A questão metodológica foi o diferencial marcante no trabalho destes dois autores. Vimos que enquanto um estava preocupado na criação de leis sociais, o outro buscava interpretar as especificidades da vida social. Contudo, o ponto comum entre ambos os autores é sua concepção de ciência, ou seja, a ciência enquanto conhecimento válido, preciso, que se apóia na observação, no empirismo, na experimentação e no método rigoroso o qual caracteriza uma pesquisa social como verdadeiramente científica.

Durkheim e Weber deixaram como lição que o cientista social está diante de uma dupla condição: o de ser humano e o de cientista. Por um lado possui o compromisso com a sociedade e, ao mesmo tempo, com a ética cientifica. Esta dupla condição é bastante evidenciada nas ciências sociais, pois o seu objeto de estudo é o social. A sociologia weberiana deu ênfase à ética científica, à construção de uma ciência despojada de ideologias ou valores os quais comprometessem a validade do conhecimento verdadeiramente científico. Já a sociologia de Èmile Durkheim reforçou a preocupação em encontrar as soluções para os problemas os quais afetam a sociedade.

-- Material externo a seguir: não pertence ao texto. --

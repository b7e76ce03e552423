//! Tests of the crates that read assembly, by their public calls alone, as their users make them.
#![tactic(auto)]

#[cfg(test)]
mod contents;
#[cfg(test)]
mod names;
#[cfg(test)]
mod statements;
#[cfg(test)]
mod tokens;
#[cfg(test)]
mod values;
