//! The strongly connected components of the nodes that a search found: two nodes are in the same
//! one where each leads to the other. (Tarjan's search, without recursion.)
//!
//! Nothing here is proved but that it ends and leaves the graph as it was: what is made of the
//! components is checked afterwards.

ghost use Rattle.std.specs.Prelude.{◌≡◌, ◌+◌, ◌<◌, ◌≤◌, length, IfOk};
ghost use Rattle.graph_search.specs.Trees.{state_at};
ghost use Rattle.graph_loops.specs.Loops.{AreMeant};

use graph_loops::target_of;
use graph_search::{Graph, Reached};
use std::alloc::{AllocError, Global};

/// No node, component or time.
pub const NONE: u32 = 0xFFFF_FFFF;

/// What is known of a node.
#[derive(Clone, Copy)]
pub struct Visit {
    /// When it was met, and the earliest time of a node on the path that it leads to.
    met: u32,
    earliest: u32,
    /// The number of its component, once all of that is known.
    component: u32,
    /// The next label to follow, and the node from which it was met.
    label: u32,
    from: u32,
    /// The node before it on the path of nodes without a component.
    below: u32,
}

/// A node that was not met.
const UNMET: Visit = Visit {
    met: NONE,
    earliest: NONE,
    component: NONE,
    label: 0,
    from: NONE,
    below: NONE,
};

/// Where the search is: the last node on the path, and how many nodes and components there are.
#[derive(Clone, Copy)]
struct Path {
    last: u32,
    met: u32,
    components: u32,
}

/// For each node the number of its component. Edges lead to components of the same number or a
/// smaller one. Fails only when out of memory, or of numbers.
pub fn components_of<G: Graph>(
    alloc: Global,
    graph: &mut G,
    found: &Reached,
    rows: &mut [u32],
) -> Result<Vec<u32>, AllocError>
    requires wide { found.now.width ≡ G.width graph.old }
    requires room { length rows.old ≡ G.width graph.old + G.width graph.old }
    requires meant { AreMeant (state_at (G.meaning graph.old) found.now.nodes)
        (length found.now.nodes) }
    ensures same_graph { G.next graph.new ≡ G.next graph.old }
    ensures same_labels { G.label_count graph.new ≡ G.label_count graph.old }
    ensures same_width { G.width graph.new ≡ G.width graph.old }
    ensures states { state_at (G.meaning graph.new) found.now.nodes
        ≡ state_at (G.meaning graph.old) found.now.nodes }
    ensures meant { AreMeant (state_at (G.meaning graph.new) found.now.nodes)
        (length found.now.nodes) }
    ensures even { IfOk result (λ numbers. length numbers.items ≡ length found.now.nodes) }
{
    let mut visits = Vec::new(alloc);
    visits.resize(found.len() as usize, UNMET)?;
    let mut path = Path {
        last: NONE,
        met: 0,
        components: 0,
    };
    for node in 0..found.len() {
        visit_from(graph, found, visits.as_mut_slice(), &mut path, node, rows)?;
    }
    let mut numbers = Vec::with_capacity(alloc, visits.len())?;
    for visit in &visits {
        numbers.push(visit.component)?;
    }
    Ok(numbers)
}

/// Meets all nodes to which a node leads, if it was not met.
fn visit_from<G: Graph>(
    graph: &mut G,
    found: &Reached,
    visits: &mut [Visit],
    path: &mut Path,
    root: u32,
    rows: &mut [u32],
) -> Result<(), AllocError>
    requires wide { found.now.width ≡ G.width graph.old }
    requires room { length rows.old ≡ G.width graph.old + G.width graph.old }
    requires meant { AreMeant (state_at (G.meaning graph.old) found.now.nodes)
        (length found.now.nodes) }
    requires even { length visits.old ≡ length found.now.nodes }
    requires there { root < length found.now.nodes }
    ensures same_graph { G.next graph.new ≡ G.next graph.old }
    ensures same_labels { G.label_count graph.new ≡ G.label_count graph.old }
    ensures same_width { G.width graph.new ≡ G.width graph.old }
    ensures states { state_at (G.meaning graph.new) found.now.nodes
        ≡ state_at (G.meaning graph.old) found.now.nodes }
    ensures meant { AreMeant (state_at (G.meaning graph.new) found.now.nodes)
        (length found.now.nodes) }
{
    if visits[root as usize].met != NONE {
        return Ok(());
    }
    meet(visits, path, root, NONE);
    let mut here = root;
    // Each node is entered once, each of its edges followed once, and each node left once.
    for _step in 0..u64::MAX {
        if here >= found.len() {
            break;
        }
        here = advance(graph, found, visits, path, here, rows)?;
    }
    Ok(())
}

/// Puts a node that was not met on the path.
fn meet(visits: &mut [Visit], path: &mut Path, node: u32, from: u32)
    requires { node < length visits.old }
{
    visits[node as usize] = Visit {
        met: path.met,
        earliest: path.met,
        component: NONE,
        label: 0,
        from,
        below: path.last,
    };
    path.last = node;
    path.met = path.met.wrapping_add(1);
}

/// Follows the next edge of a node, or leaves it where there are no more: gives the node to go on
/// with, or none at the end.
fn advance<G: Graph>(
    graph: &mut G,
    found: &Reached,
    visits: &mut [Visit],
    path: &mut Path,
    here: u32,
    rows: &mut [u32],
) -> Result<u32, AllocError>
    requires wide { found.now.width ≡ G.width graph.old }
    requires room { length rows.old ≡ G.width graph.old + G.width graph.old }
    requires meant { AreMeant (state_at (G.meaning graph.old) found.now.nodes)
        (length found.now.nodes) }
    requires even { length visits.old ≡ length found.now.nodes }
    requires there { here < length found.now.nodes }
    ensures same_graph { G.next graph.new ≡ G.next graph.old }
    ensures same_labels { G.label_count graph.new ≡ G.label_count graph.old }
    ensures same_width { G.width graph.new ≡ G.width graph.old }
    ensures states { state_at (G.meaning graph.new) found.now.nodes
        ≡ state_at (G.meaning graph.old) found.now.nodes }
    ensures meant { AreMeant (state_at (G.meaning graph.new) found.now.nodes)
        (length found.now.nodes) }
{
    let label = visits[here as usize].label;
    if label >= graph.label_count() {
        return Ok(leave(visits, path, here));
    }
    visits[here as usize].label = label + 1;
    match target_of(graph, found, here, label, rows)? {
        Some(to) => Ok(go_to(visits, path, here, to)),
        None => Ok(here),
    }
}

/// Goes along an edge: to a node that was not met, else notes how early its target was met.
fn go_to(visits: &mut [Visit], path: &mut Path, here: u32, to: u32) -> u32
    requires here { here < length visits.old }
    requires to { to < length visits.old }
{
    let target = visits[to as usize];
    if target.met == NONE {
        meet(visits, path, to, here);
        return to;
    }
    if target.component == NONE {
        let from = &mut visits[here as usize];
        from.earliest = from.earliest.min(target.met);
    }
    here
}

/// Leaves a node, and the path with it where it closes a component: gives the node from which it
/// was met.
fn leave(visits: &mut [Visit], path: &mut Path, here: u32) -> u32
    requires { here < length visits.old }
{
    let visit = visits[here as usize];
    if visit.earliest == visit.met {
        close(visits, path, here);
    }
    let from = visit.from;
    if (from as usize) < visits.len() {
        let caller = &mut visits[from as usize];
        caller.earliest = caller.earliest.min(visit.earliest);
    }
    from
}

/// Takes the nodes down to this one off the path: they are a component.
fn close(visits: &mut [Visit], path: &mut Path, first: u32) {
    let number = path.components;
    for _ in 0..visits.len() {
        let node = path.last;
        if node as usize >= visits.len() {
            break;
        }
        visits[node as usize].component = number;
        path.last = visits[node as usize].below;
        if node == first {
            break;
        }
    }
    path.components = number.wrapping_add(1);
}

Finalmente, Weber não compartilhou diretamente dos mesmos procedimentos metodológicos das ciências naturais, uma vez que, para ele, o social requer métodos de investigação próprios. Durkheim, por outro lado, acreditava que esse vínculo era possível, tanto que sua sociologia pode ser classificada como naturalista à medida que se apóia na biologia. Mas, sem dúvida, o mérito de Émile Durkheim foi dar à nova ciência um objeto próprio, os fatos sociais, enquanto o mérito de Max Weber foi dar o rigor científico o qual a ciência social exige.